## Task goal
Count every line below containing "same"; state the number only.

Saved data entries
>>>

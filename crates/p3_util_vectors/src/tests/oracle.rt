//! The inputs of the test vectors, and the original crate's answers, in a file for each subject.
//!
//! The answers were made by a program that calls the code of `p3-util` 0.8.0 itself, built with
//! rustc 1.95 at optimization level 3 without its parallel feature. They are lists that a test goes
//! through in one loop.

pub mod pieces;
pub mod reversals;
pub mod transposes;
pub mod words;

use crate::tests::checks::found;
use std::alloc::Global;
use std::process::Abort;

/// Item `i` of a list of vectors: `i * 2654435761 mod 2^32`.
pub(crate) fn item(i: usize) -> u64 {
    (i as u64).wrapping_mul(2_654_435_761) % 4_294_967_296
}

/// The items with the numbers 0 to `count - 1`.
pub(crate) fn items(rt: &impl Abort, alloc: Global, count: usize) -> Vec<u64> {
    found(rt, (0..count).map(item).collect(alloc))
}

/// The hash of a list. It starts at 14695981039346656037. For each item it becomes its exclusive or
/// with the item, multiplied by 1099511628211 modulo 2^64.
pub(crate) fn hash(list: &[u64]) -> u64 {
    let mut hash = 14_695_981_039_346_656_037u64;
    for x in list {
        hash = (hash ^ *x).wrapping_mul(1_099_511_628_211);
    }
    hash
}
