//! Functions that assert the condition of a call and then make the call. A test that uses them is
//! proved without the call's contract, and so without any fact about the lists of the test.

ghost use Rattle.std.specs.Prelude.{◌≡◌};

use crate::tests::checks::Shape;
use p3_util::bits::checked_log_size_sum;
use p3_util::places::{Cells, Places, SliceSource, Source, Swaps, Writes};
use p3_util::reverse::{
    fits_rows, reverse_chunks_on, reverse_index_bits_long, reverse_index_bits_on,
    reverse_index_bits_short, reverse_row_index_bits_on, reverse_slice_index_bits,
    reverse_slice_row_index_bits,
};
use p3_util::transpose::{
    Region, fits_matrix, fits_square, transpose, transpose_on, transpose_region_on,
    transpose_source_on, transpose_source_split_on, transpose_split_on, transpose_square_on,
};
use p3_util_examples::uses::levels_of;
use std::process::Abort;

/// A call that reorders a list by exchanges.
#[derive(Clone, Copy)]
pub(crate) enum Call {
    /// By index bits, on the path that the length selects.
    Reversal,
    /// The same on the short path.
    Short,
    /// The same on the long path.
    Long,
    /// The rows of this many items by index bits.
    Rows(usize),
    /// The logarithms of the number of chunks and of their size.
    Chunks(usize, usize),
    /// The base of a square, and the logarithms of its stride and its side.
    Square(usize, usize, usize),
}

/// Makes `call`, and returns the number of swaps.
pub(crate) fn count_swaps<S: Places>(rt: &impl Abort, places: &mut S, call: Call) -> u128 {
    match call {
        Call::Chunks(lb_num_chunks, lb_chunk_size) => {
            let mut m = Swaps::new(places);
            let size = checked_log_size_sum(lb_num_chunks, lb_chunk_size);
            assert!(rt; matches!(size, Some((_, size)) if size == m.len()));
            reverse_chunks_on(&mut m, lb_num_chunks, lb_chunk_size);
            m.swaps()
        }
        Call::Square(base, log_stride, log_size) => {
            transpose_square(rt, Swaps::new(places), base, log_stride, log_size)
        }
        _ => reverse_on(rt, Swaps::new(places), call),
    }
}

/// Reverses `m` by index bits, or its rows, and returns the number of swaps.
fn reverse_on<S: Places + Drop>(rt: &impl Abort, mut m: Swaps<S>, call: Call) -> u128 {
    let row_width = if let Call::Rows(width) = call {
        width
    } else {
        1
    };
    assert!(rt; fits_rows(m.len(), row_width));
    match call {
        Call::Rows(_) => reverse_row_index_bits_on(&mut m, row_width),
        Call::Short => reverse_index_bits_short(&mut m),
        Call::Long => {
            assert!(rt; m.len().is_power_of_two() && m.len() >= 4);
            reverse_index_bits_long(&mut m);
        }
        _ => reverse_index_bits_on(&mut m),
    }
    m.swaps()
}

/// Reverses `list`, or its rows, as a slice.
pub(crate) fn reverse_slice<F>(rt: &impl Abort, list: &mut [F], row_width: usize) {
    assert!(rt; fits_rows(list.len(), row_width));
    if row_width == 1 {
        reverse_slice_index_bits(list);
    } else {
        reverse_slice_row_index_bits(list, row_width);
    }
}

fn transpose_square<S: Places + Drop>(
    rt: &impl Abort,
    mut m: Swaps<S>,
    base: usize,
    log_stride: usize,
    log_size: usize,
) -> u128 {
    assert!(rt; fits_square(m.len(), base, log_stride, log_size));
    transpose_square_on(&mut m, base, log_stride, log_size);
    m.swaps()
}

/// Writes the transpose of `input` to `output` with the call on slices.
pub(crate) fn transpose_slice<T: Copy>(
    rt: &impl Abort,
    input: &[T],
    output: &mut [T],
    shape: Shape,
) {
    let Shape { width, height } = shape;
    assert!(rt; fits_matrix(input.len(), output.len(), width, height));
    transpose(input, output, width, height);
}

/// A call that writes the transpose of a matrix or of a region.
#[derive(Clone, Copy)]
pub(crate) enum Put {
    /// From a slice.
    On,
    /// From any source.
    SourceOn,
    /// Of a region.
    Region(Region),
    /// Of the whole matrix, by a split with at most this many levels.
    Split(u32),
    /// The same from any source.
    SourceSplit(u32),
}

/// Writes the transpose of `input` to `cells`, and returns the number of writes.
pub(crate) fn count_writes<C: Cells>(
    rt: &impl Abort,
    call: Put,
    input: &[C::Item],
    cells: &mut C,
    shape: Shape,
) -> u128 {
    let Shape { width, height } = shape;
    assert!(rt; fits_matrix(input.len(), cells.len(), width, height));
    match call {
        Put::Split(levels) | Put::SourceSplit(levels) => {
            split_on(rt, call, input, Writes::new(cells), shape).0
        }
        _ => put_on(rt, call, input, Writes::new(cells), shape),
    }
}

fn put_on<C: Cells + Drop>(
    rt: &impl Abort,
    call: Put,
    input: &[C::Item],
    mut out: Writes<C>,
    shape: Shape,
) -> u128 {
    let Shape { width, height } = shape;
    assert!(rt; fits_matrix(input.len(), out.len(), width, height));
    match call {
        Put::Region(region) => {
            assert!(rt; region.fits(width, height));
            transpose_region_on(input, &mut out, region, width, height);
        }
        Put::SourceOn => transpose_source_on(&SliceSource::new(input), &mut out, width, height),
        _ => transpose_on(input, &mut out, width, height),
    }
    out.writes()
}

/// The region that is a whole matrix.
pub(crate) fn whole(shape: Shape) -> Region
    ensures { result ≡ record {
      row_start = 0;
      row_end = shape.height;
      col_start = 0;
      col_end = shape.width;
    } }
{
    Region {
        row_start: 0,
        row_end: shape.height,
        col_start: 0,
        col_end: shape.width,
    }
}

/// Writes the transpose of a whole matrix by a split. Returns the number of writes and how many
/// splits are nested.
pub(crate) fn split_on<C: Cells + Drop>(
    rt: &impl Abort,
    call: Put,
    input: &[C::Item],
    mut out: Writes<C>,
    shape: Shape,
) -> (u128, u32) {
    let Shape { width, height } = shape;
    assert!(rt; fits_matrix(input.len(), out.len(), width, height));
    let levels = if let Put::Split(levels) | Put::SourceSplit(levels) = call {
        levels
    } else {
        64
    };
    assert!(rt; levels_of(height, width) <= levels);
    let region = whole(shape);
    let nested = if let Put::SourceSplit(_) = call {
        let source = SliceSource::new(input);
        transpose_source_split_on(&source, &mut out, region, width, height, levels)
    } else {
        transpose_split_on(input, &mut out, region, width, height, levels)
    };
    (out.writes(), nested)
}

/// Writes the transpose of a matrix from one view to another, and returns the number of writes.
pub(crate) fn put_between<R, C>(rt: &impl Abort, input: &R, cells: &mut C, shape: Shape) -> u128
where
    C: Cells,
    R: Source<Item = C::Item>,
{
    assert!(rt; fits_matrix(input.len(), cells.len(), shape.width, shape.height));
    let mut out = Writes::new(cells);
    transpose_source_on(input, &mut out, shape.width, shape.height);
    out.writes()
}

<<<

## Task result
3